Submitted to: Genetic Resources and Crop Evolution
Publication Type: Peer Reviewed Journal
Publication Acceptance Date: 9/23/2019
Publication Date: 2/13/2020
Citation: Jaradat, A.A. 2020. Comparative assessment of einkorn and emmer wheat phenomes: II. Phenotypic integration. Genetic Resources and Crop Evolution. 67(3):655-684. https://doi.org/10.1007/s10722-019-00840-3.

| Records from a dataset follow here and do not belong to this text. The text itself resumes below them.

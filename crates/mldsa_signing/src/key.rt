// A secret key opened for signing: its bytes, and its secret rows as attempts multiply by them.
// Bounds of a row's numbers stand in clauses: rows are plain, since one that is lent to be filled may hold anything before.
// How long keys are stands in clauses, too: a signature beside them is lent to be written, and a type would hold one kind of lending.
ghost use Rattle.std.specs.Prelude.{◌≡◌, ◌*◌, ◌≤◌, ◌++◌, length, take, drop};
ghost use Rattle.standards.specs.Lists.{tables};
ghost use Rattle.standards.specs.Hashes.{shake256_bytes};
ghost use Rattle.standards.specs.MlDsaParts.{bit_unpack, ntt as dsa_ntt};
ghost use Rattle.standards.specs.MlDsa.{sk_length, sk_rho, sk_k, sk_tr};
ghost use Rattle.algebra.specs.RowArrays.{RowsBelow};
ghost use Rattle.sets.specs.Sets.{dsa_numbers};
ghost use Rattle.mldsa_signing.specs.KnownRows.{S1Rows, S2Rows, T0Rows};

use hash::{Absorb, Hash, Reader, Xof};
use mldsa_parts::interval::Interval;
use mldsa_vectors::encodings::bit_unpack_rows;
use mldsa_vectors::products::ntt_rows;
use sets::types::DsaSet;

// BitUnpack and NTT of each row.
fn unpack_transformed(interval: Interval, bs: &[u8], v: &mut [[u32; 256]])
    requires { 32 * interval.width.bits * length v.old ≤ length bs.now }
    ensures value { let w = 32 * interval.width.bits in
        v.new ≡ tables (length v.old) (λ i. dsa_ntt (bit_unpack interval.width.bits interval.top (take w (drop (w * i) bs.now)))) }
    ensures below { RowsBelow 8380417 (length v.old) v.new }
{
    bit_unpack_rows(interval, bs, v);
    ntt_rows(v);
}

// A secret key of the length of its set. Its rows s1, s2 and t0 are transformed once, for all attempts.
#[derive(Clone, Copy)]
pub struct OpenedKey<'a> {
    pub set: DsaSet,
    pub bytes: &'a [u8],
    pub s1: &'a [[u32; 256]],
    pub s2: &'a [[u32; 256]],
    pub t0: &'a [[u32; 256]],
    pub ghost long: { length bytes.now ≡ sk_length (dsa_numbers set) },
    pub ghost s1_is: { S1Rows (dsa_numbers set) bytes.now s1.now },
    pub ghost s2_is: { S2Rows (dsa_numbers set) bytes.now s2.now },
    pub ghost t0_is: { T0Rows (dsa_numbers set) bytes.now t0.now },
}

impl<'a> OpenedKey<'a> {
    // The rows of skDecode go into rooms that are lent for them.
    pub fn open(
        set: DsaSet,
        bytes: &'a [u8],
        s1: &'a mut [[u32; 256]],
        s2: &'a mut [[u32; 256]],
        t0: &'a mut [[u32; 256]],
    ) -> OpenedKey<'a>
        requires long { length bytes.now ≡ sk_length (dsa_numbers set) }
        requires s1 { length s1.old ≡ set.l }
        requires s2 { length s2.old ≡ set.k }
        requires t0 { length t0.old ≡ set.k }
        ensures set { result.set ≡ set }
        ensures bytes { result.bytes.now ≡ bytes.now }
    {
        let interval = Interval::of_s(set);
        let w = 32 * interval.width.bits;
        unpack_transformed(interval, &bytes[128..], s1);
        unpack_transformed(interval, &bytes[128 + w * set.l..], s2);
        unpack_transformed(Interval::of_t0(), &bytes[128 + w * (set.l + set.k)..], t0);
        OpenedKey {
            set,
            bytes,
            s1,
            s2,
            t0,
        }
    }

    // The seed of the matrix in it.
    pub fn rho(&self) -> &'a [u8]
        ensures { result.now ≡ sk_rho self.now.bytes.now }
    {
        &self.bytes[0..32]
    }

    // The hash of the public key in it.
    pub fn tr(&self) -> &'a [u8]
        ensures { result.now ≡ sk_tr self.now.bytes.now }
    {
        &self.bytes[64..128]
    }

    // The private seed, which the standard calls rho'': H of the key's K, the coin and mu.
    pub fn private_seed<H: Hash>(&self, rnd: &[u8; 32], mu: &[u8; 64]) -> [u8; 64]
        ensures { result ≡ shake256_bytes H.Hash.hashes (sk_k self.now.bytes.now ++ (rnd.now ++ mu.now)) 64 }
    {
        let mut xof = H::open_shake256();
        xof.absorb(&self.bytes[32..64]);
        xof.absorb(rnd);
        xof.absorb(mu);
        let mut seed = [0u8; 64];
        xof.finish().squeeze(&mut seed);
        seed
    }
}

DOI: https://doi.org/10.1007/s10722-019-00840-3

Interpretive Summary: Einkorn and emmer hulled wheat species underwent major changes and accumulated differences in their characteristics during their long history of cultivation under domestication. These changes affected their adaptation to and yield potential in different environment around the world. Naturally, most changes under domestication contributed to securing stable yield. However, maximum yield was not an objective under changing environments and subsistence farming. During centuries of evolution under domestication, different intensities of selection pressure may have acted differentially upon single or multiple traits. Therefore, it produced einkorn and emmer varieties with divergent levels of trait integration. Also, it resulted in the development of strategies linked to resource conservation. A collection of einkorn and emmer, representing different origins and improvement status of both species, was evaluated for the strength of trait relationships using several analysis methods. These trait relationships were assumed as indicators of the of plant's ability to respond to changing environmental conditions and management practices. Generally, emmer exhibited larger levels of closely linked traits than einkorn making it more challenging for the species to withstand future stresses and to adapt to changing environmental conditions. The study indicated that there are many opportunities and benefits in influencing future agroecosystems. This can be possible if agronomists and plant breeders compile databases on the strength of multiple traits in einkorn and emmer and use the data to develop more resilient and productive cultivars of both species.

Technical Abstract: Phenotypic integration, as the outcome of the number and strength of (co)variation among phenotypic traits in the evolutionary-related diploid einkorn (Triticum monococcum L. subsp. monococcum) and tetraploid emmer wheat [Triticum turgidum subsp. dicoccon (Schrank) Thell.], was estimated for seven modules (i.e., area, density, dimensions, dry weight, ecophysiology, structure, and yield components) based on 110 traits measured or estimated on plant, tiller, leaf, spike, spikelet and kernel samples at three growth stages during four growing seasons. Classical methods of phenotypic integration assessment using algorithms for dimensionality reduction, matrix correlation, ordination, discrimination, multidimensional scaling and functional relationships, generated insightful but inconsistent estimates of phenotypic integration; thus, making it challenging to compare the strength of integration across species and modules. Divergence between einkorn and emmer due to polyploidy, although evident at the mean phenotypic index at whole plant phenotypic level (0.37±0.08 and 0.59±0.09, respectively), was manifested more at the reproductive than at the vegetative level; while emmer exhibited larger correct classification (86.0%) than einkorn (69.5%) at a multidimensional scale. A standardized z-score, which was based on partial least squares analysis of trait variation, when adjusted for plant size, provided unbiased estimates of phenotypic integration indices comparable across modules and species (minimum z-score of 16.9±1.1 for density module in einkorn to 32.1±2.0, for yield components module in emmer). These differences could be attributed to the different numbers of significant common principal components shared between the species with a range from three (area module) to nine (dimensions module) components. Future research needs to explore how inter- and intraspecific phenotypic variation affect population dynamics and performance under field conditions. Therefore, considerable opportunities and benefits, in influencing the structure and function of agroecosystems, are expected if intraspecific trait databases are developed for einkorn and emmer wheats, two of the earliest domesticates, as potential alternative crops.